# [What to do]
Output the number of lines in the entries below with the string "nclose" in them, and nothing further.

Stored items from a collection:
-- Opening Marker --

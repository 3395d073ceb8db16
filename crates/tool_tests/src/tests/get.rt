use super::*;
use std::test::Fail;

const BROWSER_KEY: &str = "O^partitionKey=%28https%2Cexample.com%29,:https://example.com/style.css";

// What a browser writes after a body of 1,000 times `x`: 9 fetches, pinned, with six elements.
const AFTER_A_BROWSER_BODY: &[u8] =
    b"\x9c\xd8m]Z1\0\0\0\x03\0\0\0\x09eS\xf1\0_^\x10\0\0\0\x01\xf4\xff\xff\xff\xff\0\0\0G\0\0\0\x01O^parti\
    tionKey=%28https%2Cexample.com%29,:https://example.com/style.css\0security-info\0FnhllAKW\0request-m\
    ethod\0GET\0response-head\0HTTP/1.1 200 OK\r\n\0ctid\05\0net-response-time-onstart\012\0net-response\
    -time-onstop\015\0\0\0\x03\xe8";

// What is printed of it before the body.
const BROWSER_HEAD: &[u8] =
    b"found 9 1700000000 1600000000 500 4294967295 1 138 1000\nsecurity-info\0FnhllAKW\0request-method\0GET\0response-head\0HTTP/1.1 200 OK\r\n\0ctid\05\0net-respo\
    nse-time-onstart\012\0net-response-time-onstop\015\0\n";

// Whether a `get` ends so, and prints this, where this file stands at the place of the key.
fn gets(
    alloc: Global,
    line: &str,
    key: &str,
    file: &[u8],
    status: Status,
    text: &[u8],
) -> Result<bool, Fail> {
    let mut disk = disk_with(alloc, key, file)?;
    comes_so(alloc, &mut disk, &(line, b"unread", status, text))
}

const PUT_AND_GET: [Row<'static>; 5] = [
    (GET, b"", Status::No, ABSENT),
    (PUT, b"", Status::Done, b"ok\n"),
    (
        GET,
        b"",
        Status::Done,
        b"found 1 1000 1000 1000 4294967295 0 0 0\n\n\n",
    ),
    (PUT, b"hello", Status::Done, b"ok\n"),
    (GET, b"", Status::Done, FOUND),
];

#[test]
fn what_is_put_is_got(rt: HostRuntime) -> Result<(), Fail> {
    assert!(rt; rows_turn(rt.alloc(), KEY, None, &PUT_AND_GET, Some(FILE))?);
    Ok(())
}

// Words, the key at whose place a file stands, that file, and how the words end.
type Case<'a> = (&'a str, &'a str, &'a [u8], Status, &'a [u8]);

const CASES: [Case<'static>; 7] = [
    (GET, KEY, FILE, Status::Done, FOUND),
    (GET, KEY, FIRST, Status::Done, FOUND),
    (GET, KEY, SECOND, Status::Done, FOUND),
    (GET, KEY, SECOND_PINNED, Status::Done, FOUND_PINNED),
    (GET, KEY, DAMAGED, Status::No, b"damaged 0 399E 6DAA\n"),
    ("1000 get :other", ":other", FILE, Status::No, ABSENT),
    ("1000 get a:x", "a:x", FILE, Status::No, b"bad key\n"),
];

#[test]
fn files_are_found_or_refused(rt: HostRuntime) -> Result<(), Fail> {
    for index in 0..CASES.len() {
        let (line, key, file, status, text) = CASES[index];
        assert!(rt;
            gets(rt.alloc(), line, key, file, status, text)?,
            "row {index}"
        );
    }
    assert!(rt; gets(rt.alloc(), GET, KEY, &FILE[..68], Status::No, ABSENT)?);
    Ok(())
}

// The file of version 2 with the flag of a pinned entry.
const SECOND_PINNED: &[u8] = b"hello\xa8\xca\xa9\xea\x39\x9e\
    \0\0\0\x02\0\0\0\x01\0\0\x03\xe8\0\0\x03\xe8\0\0\x03\xe8\xff\xff\xff\xff\0\0\0\x15\0\0\0\x01\
    :https://example.com/\0\0\0\0\x05";

const FOUND_PINNED: &[u8] = b"found 1 1000 1000 1000 4294967295 1 0 5\n\nhello\n";

// Files of versions that there are not, each with the right hash.
const VERSION_0: &[u8] = b"hello\xfc\x1c\xc1\xcd\x39\x9e\
    \0\0\0\0\0\0\0\x01\0\0\x03\xe8\0\0\x03\xe8\0\0\x03\xe8\xff\xff\xff\xff\0\0\0\x15\0\0\0\0\
    :https://example.com/\0\0\0\0\x05";

const VERSION_4: &[u8] = b"hello\xb2\xab\x53\xb4\x39\x9e\
    \0\0\0\x04\0\0\0\x01\0\0\x03\xe8\0\0\x03\xe8\0\0\x03\xe8\xff\xff\xff\xff\0\0\0\x15\0\0\0\0\
    :https://example.com/\0\0\0\0\x05";

const LAST_VERSION: &[u8] = b"hello\x80\x95\x15\x34\x39\x9e\
    \xff\xff\xff\xff\0\0\0\x01\0\0\x03\xe8\0\0\x03\xe8\0\0\x03\xe8\xff\xff\xff\xff\0\0\0\x15\0\0\0\0\
    :https://example.com/\0\0\0\0\x05";

// Files of version 1, with the right hash, too: without the zero byte after the header, with an empty key, and with a
// key that ends one byte later than it should, or past all.
const FIRST_SHORT: &[u8] = b"hello\x8b\xbc\x7a\x6a\x39\x9e\
    \0\0\0\x01\0\0\0\x01\0\0\x03\xe8\0\0\x03\xe8\0\0\x03\xe8\xff\xff\xff\xff\0\0\0\0\
    \0\0\0\x05";

const FIRST_NO_KEY: &[u8] = b"hello\x8e\x8a\x96\x81\x39\x9e\
    \0\0\0\x01\0\0\0\x01\0\0\x03\xe8\0\0\x03\xe8\0\0\x03\xe8\xff\xff\xff\xff\0\0\0\0\
    \0\0\0\0\x05";

const FIRST_LONG_KEY: &[u8] = b"hello\xd8\x88\xbd\x98\x39\x9e\
    \0\0\0\x01\0\0\0\x01\0\0\x03\xe8\0\0\x03\xe8\0\0\x03\xe8\xff\xff\xff\xff\0\0\0\x16\
    :https://example.com/\0\0\0\0\x05";

const FIRST_ENDLESS_KEY: &[u8] = b"hello\xd3\xe9\x2c\x64\x39\x9e\
    \0\0\0\x01\0\0\0\x01\0\0\x03\xe8\0\0\x03\xe8\0\0\x03\xe8\xff\xff\xff\xff\xff\xff\xff\xff\
    :https://example.com/\0\0\0\0\x05";

const NO_VERSION: &[u8] = b"findings 1\n68BC13FA477009A295E32BF01651A14CAB377A5C unfit version\n";

const NO_KEY_END: &[u8] = b"findings 1\n68BC13FA477009A295E32BF01651A14CAB377A5C unfit key-end\n";

// Files that do not fit, and what `verify` prints of each.
const UNFIT_FILES: [(&[u8], &[u8]); 7] = [
    (VERSION_0, NO_VERSION),
    (VERSION_4, NO_VERSION),
    (LAST_VERSION, NO_VERSION),
    (
        FIRST_SHORT,
        b"findings 1\n68BC13FA477009A295E32BF01651A14CAB377A5C unfit short\n",
    ),
    (
        FIRST_NO_KEY,
        b"findings 1\n68BC13FA477009A295E32BF01651A14CAB377A5C unfit key-form\n",
    ),
    (FIRST_LONG_KEY, NO_KEY_END),
    (FIRST_ENDLESS_KEY, NO_KEY_END),
];

// Whether a file is absent for `get`, and `verify` prints this of it.
fn is_unfit(alloc: Global, file: &[u8], text: &[u8]) -> Result<bool, Fail> {
    Ok(
        gets(alloc, GET, KEY, file, Status::No, ABSENT)?
            && gets(alloc, "1000 verify", KEY, file, Status::No, text)?,
    )
}

#[test]
fn files_of_no_version_are_absent(rt: HostRuntime) -> Result<(), Fail> {
    for index in 0..UNFIT_FILES.len() {
        let (file, text) = UNFIT_FILES[index];
        assert!(rt; is_unfit(rt.alloc(), file, text)?, "row {index}");
    }
    Ok(())
}

const LOOK: [Row<'static>; 3] = [
    (GET, b"", Status::Done, FOUND),
    (
        "1000 run",
        b"open 0 :https://example.com/\nread 0 1 9\nclose 0\n",
        Status::Done,
        b"ok\ndata 4\nello\nok\n",
    ),
    ("1000 verify", b"", Status::Done, b"findings 0\n"),
];

const USE: [Row<'static>; 2] = [
    (
        "1000 run",
        b"open 0 :https://example.com/\nuse 0\nclose 0\n",
        Status::Done,
        b"ok\nok\nok\n",
    ),
    (GET, b"", Status::Done, FOUND_USED),
];

// An old file is read as it is, and stays so; once its metadata are written anew it has version 3.
fn is_old_until_used(alloc: Global, old: &[u8]) -> Result<bool, Fail> {
    let mut disk = disk_with(alloc, KEY, old)?;
    let looks = rows_leave(alloc, &mut disk, &LOOK, KEY, Some(old))?;
    Ok(looks && rows_leave(alloc, &mut disk, &USE, KEY, Some(USED))?)
}

#[test]
fn old_files_become_new_by_a_use(rt: HostRuntime) -> Result<(), Fail> {
    assert!(rt; FIRST.len() == 65 && SECOND.len() == 69 && USED.len() == 69);
    assert!(rt; is_old_until_used(rt.alloc(), FIRST)?);
    assert!(rt; is_old_until_used(rt.alloc(), SECOND)?);
    Ok(())
}

// An old entry that is doomed while it is read goes on as what it was.
const READ_DOOMED: [Row<'static>; 1] = [(
    "1000 run",
    b"open 0 :https://example.com/\ndoom :https://example.com/\nread 0 0 9\nuse 0\nread 0 0 9\nclose 0\n",
    Status::Done,
    b"ok\nok\ndata 5\nhello\nok\ndata 5\nhello\nok\n",
)];

#[test]
fn an_old_file_is_read_among_the_doomed(rt: HostRuntime) -> Result<(), Fail> {
    assert!(rt; rows_turn(rt.alloc(), KEY, Some(FIRST), &READ_DOOMED, None)?);
    assert!(rt; rows_turn(rt.alloc(), KEY, Some(SECOND), &READ_DOOMED, None)?);
    Ok(())
}

fn prints_each(alloc: Global, file: &[u8]) -> Result<bool, Fail> {
    let text = repeated(alloc, HEAD_OF_TWO_CHUNKS, b'a', 262_144, b"b\n")?;
    gets(alloc, GET, KEY, file, Status::Done, text.as_slice())
}

#[test]
fn each_chunk_of_a_body_is_printed(rt: HostRuntime) -> Result<(), Fail> {
    let file = file_of_two_chunks(rt.alloc())?;
    assert!(rt; prints_each(rt.alloc(), file.as_slice())?);
    Ok(())
}

// Whether this is printed where a chunk of this byte and a `c` stand before the rest of the file.
fn names_damage(alloc: Global, rest: &[u8], byte: u8, text: &[u8]) -> Result<bool, Fail> {
    let mut damaged = repeated(alloc, b"", byte, 262_144, b"c")?;
    damaged.extend(rest)?;
    gets(alloc, GET, KEY, damaged.as_slice(), Status::No, text)
}

fn names_the_first(alloc: Global, file: &[u8]) -> Result<bool, Fail> {
    let rest = file.get(262_145..).ok_or("too short")?;
    Ok(
        names_damage(alloc, rest, b'a', b"damaged 1 A597 BEDB\n")?
            && names_damage(alloc, rest, 0, b"damaged 0 0D4B 1826\n")?,
    )
}

#[test]
fn the_first_damaged_chunk_is_named(rt: HostRuntime) -> Result<(), Fail> {
    let file = file_of_two_chunks(rt.alloc())?;
    assert!(rt; names_the_first(rt.alloc(), file.as_slice())?);
    Ok(())
}

const GET_OF_A_BROWSER: &str =
    "1000 get O^partitionKey=%28https%2Cexample.com%29,:https://example.com/style.css";

fn prints_browser(alloc: Global, file: &[u8]) -> Result<bool, Fail> {
    let text = repeated(alloc, BROWSER_HEAD, b'x', 1_000, b"\n")?;
    gets(
        alloc,
        GET_OF_A_BROWSER,
        BROWSER_KEY,
        file,
        Status::Done,
        text.as_slice(),
    )
}

#[test]
fn the_entry_of_a_browser_is_found_whole(rt: HostRuntime) -> Result<(), Fail> {
    let file = repeated(rt.alloc(), b"", b'x', 1_000, AFTER_A_BROWSER_BODY)?;
    assert!(rt; prints_browser(rt.alloc(), file.as_slice())?);
    Ok(())
}

// Whether a look that fails at this call ends the run, with this text.
fn look_fails(alloc: Global, number: u32, text: &[u8]) -> Result<bool, Fail> {
    let mut disk = disk_with(alloc, KEY, FILE)?;
    disk.fail_at(one_number(alloc, number)?);
    let (status, printed) = ends(alloc, &mut disk, GET, b"")?;
    Ok(status == Status::Disk && printed.as_slice() == text)
}

// After the opening the calls look for the size and the last bytes; the body is read once, to be checked, and printed
// from there. A short reply goes out as one. So each look of the command is answered by the line.
#[test]
fn each_failing_look_ends_the_run(rt: HostRuntime) -> Result<(), Fail> {
    for number in 1..OPENING + 1 {
        assert!(rt; look_fails(rt.alloc(), number, b"")?, "at call {number}");
    }
    for number in OPENING + 1..OPENING + 4 {
        assert!(rt;
            look_fails(rt.alloc(), number, b"fault\n")?,
            "at call {number}"
        );
    }
    assert!(rt; look_fails(rt.alloc(), OPENING + 4, FOUND)?);
    Ok(())
}

// Whether this is printed before the sink's call of this number fails.
fn cuts(alloc: Global, file: &[u8], number: u32, text: &[u8]) -> Result<bool, Fail> {
    let mut disk = disk_with(alloc, KEY, file)?;
    let (status, printed) = ends_cut(alloc, &mut disk, GET, b"", number)?;
    Ok(status == Status::Sink && printed.as_slice() == text)
}

fn cuts_twice(alloc: Global, file: &[u8]) -> Result<bool, Fail> {
    Ok(cuts(alloc, file, 1, b"")? && cuts(alloc, file, 2, HEAD_OF_TWO_CHUNKS)?)
}

#[test]
fn a_failing_sink_cuts_the_reply(rt: HostRuntime) -> Result<(), Fail> {
    let file = file_of_two_chunks(rt.alloc())?;
    assert!(rt; cuts_twice(rt.alloc(), file.as_slice())?);
    Ok(())
}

-- Closing Marker --

# [Answer box]
3